When growing indoors it is important to remember to always stay away from soil mixtures if possible, as soil is generally not suitable for growing begonias as they need a lot of nutrients which most soil doesn’t contain. Instead, using a peat-based mix such as Sunshine or Fafard are generally the best mediums to grow your begonias in, as they are rich in nutrients that are vital to the plants’ growth and allows water to quickly and easily filter, meaning the flowers’ roots are not sitting in stale water, which can cause root rot – which is never a good thing.

It is also important to remember that begonias cannot cope well with being over potted, and by that, I mean you must avoid using pots that are too large for the plant when it is at a young age, instead you must wait until the flower is maturing in a smaller pot before transferring it over to a larger one. This ensures that its roots have properly filled out the smaller pot, meaning that when transferred to a larger pot, the roots now have the space and the need to grow more.

 

Watering and nutrients

Watering is perhaps the most common area where people make mistakes when it comes to growing plants, usually by over watering them.
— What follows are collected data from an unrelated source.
//! A machine that reads its instructions from an image and decodes them, so that an image's run can be compared with its listing's.
ghost use Rattle.std.specs.Prelude.{◌≡◌, [], ℕ, IfOk, OnErr};
ghost use Rattle.thumb_model.specs.States.{with_bytes};
ghost use Rattle.thumb_machine.specs.Memory.{memory_of};
ghost use Rattle.thumb_machine.specs.Registers.{values_of};
ghost use Rattle.thumb_machine.specs.Starting.{Starts, start_values};
ghost use Rattle.thumb_assembler.specs.Machines.{Steps, loaded_of};
ghost use Rattle.thumb_assembler.specs.Runs.{IsFetched};

use crate::image::{Image, behind};
use std::alloc::{AllocError, Global};
use thumb_instr::{Distance, Instr};
use thumb_machine::{
    Answer, Answers, Around, Event, Memory, Position, Stage, State, Target, World, registers_of,
    stage_of,
};

/// A machine that runs an image: it reads code and literals from the image, and data from a memory of its own.
#[derive(Drop)]
pub struct ImageMachine {
    pub(crate) image: Image,
    pub(crate) world: World,
    pub(crate) at: Position,
}

/// The registers and memory at the beginning. Only stores and calls to outside can write a memory, so its first bytes come as the answer to a call.
fn first_world(alloc: Global, image: &Image, state: State) -> Result<World, AllocError>
    ensures values { IfOk result (λ w. values_of w.registers ≡ start_values state) }
    ensures memory { IfOk result (λ w. memory_of w.memory ≡ with_bytes state.bytes (λ (a : ℕ). 0)) }
    ensures events { IfOk result (λ w. w.events.items ≡ []) }
{
    let registers = registers_of(&state);
    let mut world = World {
        registers,
        memory: Memory::new(alloc),
        events: Vec::new(alloc),
    };
    let mut list = Vec::new(alloc);
    list.push(Answer {
        words: [0; 6],
        nzcv: 0,
        bytes: state.bytes,
    })?;
    let mut answers = Answers::new(list);
    let around = Around {
        target: Target::External { word: 0 },
        literal: 0,
        link: 0,
    };
    let call = Instr::Call {
        distance: Distance::of(0),
    };
    world.act(&mut answers, &around, image, &call)?;
    let World { memory, .. } = world;
    Ok(World {
        registers,
        memory,
        events: Vec::new(alloc),
    })
}

impl ImageMachine {
    /// A machine that runs an image from an address on, such as a code label's. The image begins at `base`, and its code ends at `hi`,
    /// which for a listing's image is that of its laid naming. The place in `start` is ignored.
    pub fn new(
        alloc: Global,
        image: &[u8],
        base: u32,
        hi: u32,
        start: State,
        at: u32,
    ) -> Result<ImageMachine, AllocError>
        ensures image { IfOk result (λ m. loaded_of m.image ≡ record { base = base; bytes = image.now; high = hi }) }
        ensures start { IfOk result (λ m. Starts start at m.world m.at) }
    {
        let image = Image {
            bytes: Vec::from_slice(alloc, image)?,
            base,
            high: hi,
        };
        let world = first_world(alloc, &image, start)?;
        Ok(ImageMachine {
            image,
            world,
            at: Position::Here { at },
        })
    }

    /// Takes a step. If memory runs out, or more answers are needed than are left, nothing changes; an ended machine reports its end again.
    pub fn step(&mut self, answers: &mut Answers) -> Result<Stage, AllocError>
        ensures image { self.new.image ≡ self.old.image }
        ensures kept { OnErr result (self.new.at ≡ self.old.at) }
        ensures step { Steps self.old answers.old self.new answers.new result }
    {
        let address = match self.at {
            Position::Here { at } => at,
            Position::Ended { end } => return Ok(stage_of(end)),
        };
        match self.image.fetch(address) {
            None => self.at.fall(&mut self.world),
            Some(instr) => self.run(answers, address, instr),
        }
    }

    /// Executes the instruction at an address.
    fn run(
        &mut self,
        answers: &mut Answers,
        address: u32,
        instr: Instr,
    ) -> Result<Stage, AllocError>
        requires here { self.old.at ≡ Position.Here address }
        requires fetched { IsFetched (loaded_of self.old.image) address instr }
        ensures image { self.new.image ≡ self.old.image }
        ensures kept { OnErr result (self.new.at ≡ self.old.at) }
        ensures step { Steps self.old answers.old self.new answers.new result }
    {
        let around = self.image.around(address, &instr);
        let image = &mut self.image;
        let next = self.world.act(answers, &around, &*image, &instr)?;
        Ok(self.at.arrive(behind(address, &instr), next))
    }

    /// The events of the run so far.
    pub fn events(&self) -> &[Event]
        ensures { result.now ≡ self.now.world.events.items }
    {
        self.world.events.as_slice()
    }
}
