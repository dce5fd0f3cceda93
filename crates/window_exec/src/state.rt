//! A window's state is small: four registers and the flags, as no rule names more.
ghost use Rattle.std.specs.Prelude.{◌≡◌, ◌<◌, ◌≤◌, ◌==◌};
ghost use Rattle.std.specs.Int.{from_bool};
ghost use Rattle.thumb_model.specs.Effect.{v_flag};
ghost use Rattle.window_exec.specs.State.{values_of};

use crate::register_file::{RegisterFile, flags};
use thumb_instr::items::{C, V};
use word_bits::Sum;

/// The registers r0 to r3 and the flags: N is 8, Z is 4, C is 2 and V is 1. The bits above these mean nothing.
#[derive(Clone, Copy, Debug, PartialEq, Eq)]
pub struct WState {
    pub r: [u32; 4],
    pub nzcv: u8,
}

impl WState {
    /// The value of a register.
    pub fn get(&self, register: u32) -> u32
        requires { register < 4 }
        ensures { result ≡ values_of self.now register }
    {
        self.r[register as usize]
    }

    /// The value of a flag, by its number among the items.
    pub(crate) fn flag(&self, flag: u8) -> u8
        requires first { 15 ≤ flag }
        requires last { flag < 19 }
        ensures { result ≡ values_of self.now flag }
    {
        (self.nzcv >> (V - flag)) & 1
    }

    /// The state with 0 in the bits above its flags.
    #[tactic(auto, using(crate::proofs::FlagLemmas::flags_alone))]
    pub(crate) fn with_flags_alone(mut self) -> WState
        ensures values { values_of result ≡ values_of self }
        ensures flags { result.nzcv < 16 }
    {
        self.nzcv %= 16;
        self
    }

    /// V.
    fn overflow(&self) -> bool
        ensures { from_bool result ≡ values_of self.now v_flag }
    {
        self.flag(V) == 1
    }
}

impl RegisterFile for WState {
    type Value = u32;

    ghost values = { λ s i. values_of s };

    ghost count = { 4 };

    fn register(&self, number: u32) -> u32 {
        self.get(number)
    }

    fn set_register(&mut self, number: u32, value: u32) {
        self.r[number as usize] = value;
    }

    fn carry(&self) -> bool {
        self.flag(C) == 1
    }

    fn set_result_flags(&mut self, value: u32) {
        self.nzcv = flags(value, self.flag(C) == 1, self.overflow());
    }

    fn set_shift_flags(&mut self, moved: (u32, bool)) {
        let (value, c) = moved;
        self.nzcv = flags(value, c, self.overflow());
    }

    fn set_sum_flags(&mut self, sum: Sum) {
        self.nzcv = flags(sum.value, sum.c, sum.v);
    }
}
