//! Assembles a listing into its image: the bytes of its instructions and data words at their addresses, with padding between them.
#![tactic(auto)]

mod aiming;
mod assembling;
mod errors;
mod image;
pub mod laws;
mod machine;
mod pushing;

pub use assembling::assemble;
pub use errors::ImageError;
pub use machine::ImageMachine;
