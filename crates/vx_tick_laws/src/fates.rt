ghost use Rattle.vx_tick.specs.Laws.{OfTicks};
ghost use Rattle.vx_tick_laws.specs.ToldFates.{ToldAreEnds, EndsAreTold, ToldInOrder};

/// What is told of a tick. A piston is told as denied exactly where it asks for a move and the
/// policy denies it a cell, at the first such cell and by its rule; as beaten exactly where the
/// policy permits it all cells and a piston that comes before it, and is permitted its own, wants
/// one of them, by the first that does; and as moved exactly where none does. Each is told once, in
/// the order of positions.
pub fn fates_are_told()
    ensures told { OfTicks ToldAreEnds }
    ensures ends { OfTicks EndsAreTold }
    ensures order { OfTicks ToldInOrder }
{}
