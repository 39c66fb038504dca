ghost use Rattle.vx_tick.specs.Laws.{OfTicks};
ghost use Rattle.vx_tick_laws.specs.MovedCells.{PushesPush, DrawsDraw};

/// What a move that is made leaves in its cells. After a push the piston is out, with its head
/// before it, and what stood in each cell of the row stands one further. After a drawing back the
/// piston is in, what a sticky one pulls stands where the head was, and behind that is air. What is
/// carried has become its next part.
pub fn moves_carry_their_cells()
    ensures pushes { OfTicks PushesPush }
    ensures draws { OfTicks DrawsDraw }
{}
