//! What changes a list of regions. Where memory is refused, it stays as it was.
ghost use Rattle.std.specs.Prelude.{◌≡◌, ℕ, ◌+◌, ◌<◌, ◌≤◌, ◌^◌, ◌∷◌, [], ◌++◌, nat_eq, length, remove, slice_get, take, IsTrue, Some, IsSome, IfSome, IfOk, OnOk, OnErr};
ghost use Rattle.std.specs.Borrow.{sem};
ghost use Rattle.std.specs.Map.{lookup, remove_entry};
ghost use Rattle.vx_region.specs.Blocks.{joined, AreInPlace, HaveMore};
ghost use Rattle.vx_region.specs.Forest.{IsAscending};
ghost use Rattle.vx_region.specs.ListSharing.{lends_in_list};

use super::{RegionList, block_of};
use crate::block::{Block, FULL};
use crate::region::Region;
use crate::shared_region::SharedRegion;
use std::alloc::{AllocError, Global};

impl RegionList {
    /// The region of that number, to write. Where a copy shares its block, that is copied first,
    /// and so is the region.
    pub(crate) fn own(&mut self, number: u32) -> Result<&mut Region, AllocError>
        requires ascending { IsAscending 0 self.old }
        requires known { IsSome (lookup (nat_eq number) self.old) }
        ensures* writes_back { sem 𝓛 (lends_in_list self.entry number result) }
        ensures value { IfOk result (λ region. lookup (nat_eq number) self.old ≡ Some region.now) }
    {
        let place = self.place_of(number).unwrap();
        let index = block_of(&self.blocks, place);
        let block = &mut self.blocks[index];
        Ok(block.own(place)?)
    }

    /// Puts one more region behind the others.
    pub(crate) fn push(
        &mut self,
        alloc: Global,
        number: u32,
        region: SharedRegion,
    ) -> Result<(), AllocError>
        ensures ok { OnOk result (self.new ≡ self.old ++ (number, region) ∷ []) }
        ensures err { OnErr result (self.new ≡ self.old) }
    {
        let len = more(self.len, 1)?;
        put_region(&mut self.blocks, alloc, self.len, number, region)?;
        self.len = len;
        Ok(())
    }

    /// Takes away the region of that number. Where a copy shares its block, that is copied first.
    pub(crate) fn remove(&mut self, number: u32) -> Result<(), AllocError>
        requires ascending { IsAscending 0 self.old }
        requires known { IsSome (lookup (nat_eq number) self.old) }
        ensures ok { OnOk result (self.new ≡ remove_entry (nat_eq number) self.old) }
        ensures err { OnErr result (self.new ≡ self.old) }
    {
        let place = self.place_of(number).unwrap();
        remove_at(&mut self.blocks, place)?;
        self.len -= 1;
        Ok(())
    }
}

// Takes away the region at that place. Its block is joined with those beside it, where two are one
// block at most.
fn remove_at(blocks: &mut Vec<Block>, place: usize) -> Result<(), AllocError>
    requires in_place { AreInPlace 0 blocks.old.items }
    requires within { place < length (joined blocks.old.items) }
    requires fits { length (joined blocks.old.items) < 2 ^ 64 }
    ensures in_place { AreInPlace 0 blocks.new.items }
    ensures ok { OnOk result (joined blocks.new.items ≡ remove (joined blocks.old.items) place) }
    ensures err { OnErr result (blocks.new.items ≡ blocks.old.items) }
{
    let index = block_of(blocks, place);
    blocks[index].remove(place)?;
    let before = index.saturating_sub(1);
    join(blocks, index);
    join(blocks, before);
    put_in_place(blocks, before);
    Ok(())
}

// Joins the block of that index with the next one, where both are one block at most. Where memory
// is refused they stay two.
fn join(blocks: &mut Vec<Block>, index: usize)
    ensures regions { joined blocks.new.items ≡ joined blocks.old.items }
    ensures before { (count : ℕ) → count ≤ index
        → take count blocks.new.items ≡ take count blocks.old.items }
    ensures there { index < length blocks.old.items → index < length blocks.new.items }
{
    let Some(next) = next_that_fits(blocks, index) else {
        return;
    };
    if blocks[index].extend(&next).is_ok() {
        let _next = blocks.remove(index + 1);
    }
}

// A copy of the block behind that index, where it and the one of that index are one block at most.
fn next_that_fits(blocks: &[Block], index: usize) -> Option<Block>
    ensures { IfSome result (λ next. slice_get blocks.now (index + 1) ≡ Some next) }
{
    let block = blocks.get(index)?;
    let next = blocks.get(index + 1)?;
    if block.len().saturating_add(next.len()) > FULL {
        return None;
    }
    next.clone().ok()
}

// Puts each block from that index on where the one before it ends.
fn put_in_place(blocks: &mut Vec<Block>, from: usize)
    requires before { AreInPlace 0 (take from blocks.old.items) }
    requires within { from ≤ length blocks.old.items }
    requires fits { length (joined blocks.old.items) < 2 ^ 64 }
    ensures in_place { AreInPlace 0 blocks.new.items }
    ensures regions { joined blocks.new.items ≡ joined blocks.old.items }
{
    let mut start = end_of(blocks, from);
    for index in from..blocks.len() {
        let block = &mut blocks[index];
        block.put_at(start);
        start += block.len();
    }
}

// How many regions stand in the blocks before that index.
fn end_of(blocks: &[Block], index: usize) -> usize
    requires before { AreInPlace 0 (take index blocks.now) }
    requires within { index ≤ length blocks.now }
    requires fits { length (joined blocks.now) < 2 ^ 64 }
    ensures { result ≡ length (joined (take index blocks.now)) }
{
    let Some(last) = index.checked_sub(1) else {
        return 0;
    };
    let block = &blocks[last];
    block.start() + block.len()
}

// So many regions and some more. There is no memory for more of them than a `usize` can count.
fn more(len: usize, count: usize) -> Result<usize, AllocError>
    ensures { IfOk result (λ sum. sum ≡ len + count) }
{
    len.checked_add(count).ok_or(AllocError)
}

// Puts one more region behind those of the blocks, which are so many.
fn put_region(
    blocks: &mut Vec<Block>,
    alloc: Global,
    len: usize,
    number: u32,
    region: SharedRegion,
) -> Result<(), AllocError>
    requires in_place { AreInPlace 0 blocks.old.items }
    requires len { len ≡ length (joined blocks.old.items) }
    ensures ok { OnOk result
        (HaveMore blocks.old.items blocks.new.items ((number, region) ∷ [])) }
    ensures err { OnErr result (blocks.new.items ≡ blocks.old.items) }
{
    if last_has_room(blocks, 1) {
        let last = blocks.len() - 1;
        return blocks[last].push(number, region);
    }
    blocks.push(Block::of(alloc, len, number, region)?)?;
    Ok(())
}

// Whether there is a last block, and it has room for so many more regions.
fn last_has_room(blocks: &[Block], count: usize) -> bool
    ensures { IsTrue result → 0 < length blocks.now }
{
    match blocks.last() {
        Some(last) => last.len().saturating_add(count) <= FULL,
        None => false,
    }
}
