//! The laws of a tick of machines: what the policy is asked about a move, what a move leaves in its
//! cells, and what is told of it, in a player's words.
#![tactic(auto)]

mod fates;
mod judging;
mod moves;

pub use fates::fates_are_told;
pub use judging::pistons_are_judged_by_place;
pub use moves::moves_carry_their_cells;
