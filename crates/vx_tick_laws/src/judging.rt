ghost use Rattle.vx_tick_laws.specs.Judged.{PistonsAreJudgedByPlace};

/// On a cell of a move the policy is asked about the machine that stands where the piston does:
/// what it says, and by which rule, is what holds there for that machine on the flag for pistons.
pub fn pistons_are_judged_by_place()
    ensures { PistonsAreJudgedByPlace }
{}
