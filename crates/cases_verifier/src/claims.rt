//! The claims of a proof.

use crate::proofs::proof_of;
use crate::statement::Stated;
use crate::writing::{bad_case, push_word};
use commit_core::MatrixOpening;
use p3_field::{BabyBear, Mem, QuarticExtension, RingCore, TwoAdicMultiplicativeCoset};
use p3_uni_stark::TranscriptVersion;
use std::alloc::Global;
use tool_proof_text::CommitmentText;
use tool_statement::{ToolConfig, tool_config};
use verifier_claims::{OpeningArgumentWithQuotientDomains, commitments_with_opening_points};

// Appends of each matrix of a round how many points it is opened at, and the logarithm of its domain's size.
fn push_round(
    out: &mut String,
    matrices: &[MatrixOpening<QuarticExtension, TwoAdicMultiplicativeCoset<BabyBear>>],
) -> Mem<()> {
    for matrix in matrices {
        push_word(out, matrix.points.len())?;
        push_word(out, matrix.domain.log_size())?;
    }
    push_word(out, "/")
}

// The rounds of the claims, how many chunks each table has, and the place of the preprocessed round.
fn claims_text(
    alloc: Global,
    made: &OpeningArgumentWithQuotientDomains<ToolConfig>,
) -> Mem<String> {
    let (claims, domains, place) = made;
    let mut out = String::new(alloc);
    for round in claims {
        push_round(&mut out, &round.matrices)?;
    }
    for chunks in domains {
        push_word(&mut out, chunks.len())?;
    }
    push_word(&mut out, format_args!("{place:?}"))?;
    Ok(out)
}

/// The claims of a proof of one table at a point, where its quotient is said to have so many chunks, or the refusal's text.
pub fn claims(alloc: Global, stated: &Stated, head: &[u64], numbers: &[u64]) -> Mem<String> {
    let [zeta, log_chunks] = head else {
        return bad_case(alloc);
    };
    let Some(proof) = proof_of::<CommitmentText, QuarticExtension>(alloc, numbers)? else {
        return bad_case(alloc);
    };
    if !stated.common.fits(alloc, &stated.airs)? {
        return bad_case(alloc);
    }
    match commitments_with_opening_points(
        alloc,
        &tool_config(TranscriptVersion::V1),
        &stated.airs,
        QuarticExtension::from_u64(*zeta),
        &proof.commitments,
        &proof.opened_values,
        &stated.common,
        &proof.degree_bits,
        &[0],
        &[*log_chunks as usize],
    ) {
        Ok(made) => claims_text(alloc, &made),
        Err(error) => format!(in alloc; "{error}"),
    }
}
Most plants cannot live in over watered growing medium, and begonias are no exception – they simply  cannot tolerate it. Personally, I find that when growing flowering plants, usually the best method to determine when to water them is to simply push a finger into the growing medium, and if it is dry more than 1 inch below the surface, it Is time to water. The quantity of water they need is also largely dependant on the size and age of the plant, e.g. a small, young plant wont need to be watered as much as a larger plant, as it is smaller, it will have smaller roots, meaning less water will be absorbed in the same time scale.

As far as nutrients go, pretty much any fertilizer designed for flowering plants will do, simply add a few drops to the water each time you feed your plant, be careful not to over-feed it with nutrients though, as this can cause the leaves to dry up and die – remember, growing flowers is not a race, it takes time.

Pruning

From time to time you may have to prune your plants, this is necessary when the plant has flowers on it which are noticeably deformed and or overly dry, this is easy to resolve, simply pinch the bottom of the flower it self and pull off, or failing that simply use some scissors, be sure not to cut too much off the plant itself or you risk damaging it too much. After successfully pruning your plant it should take around less than a  week for you to start to notice a new, fresh flower starting to grow where you removed the old one.

Conclusion

Following this guide should give you all the tools you need to efficiently grow your own begonia flowers, take time to enjoy the hobby, and good luck!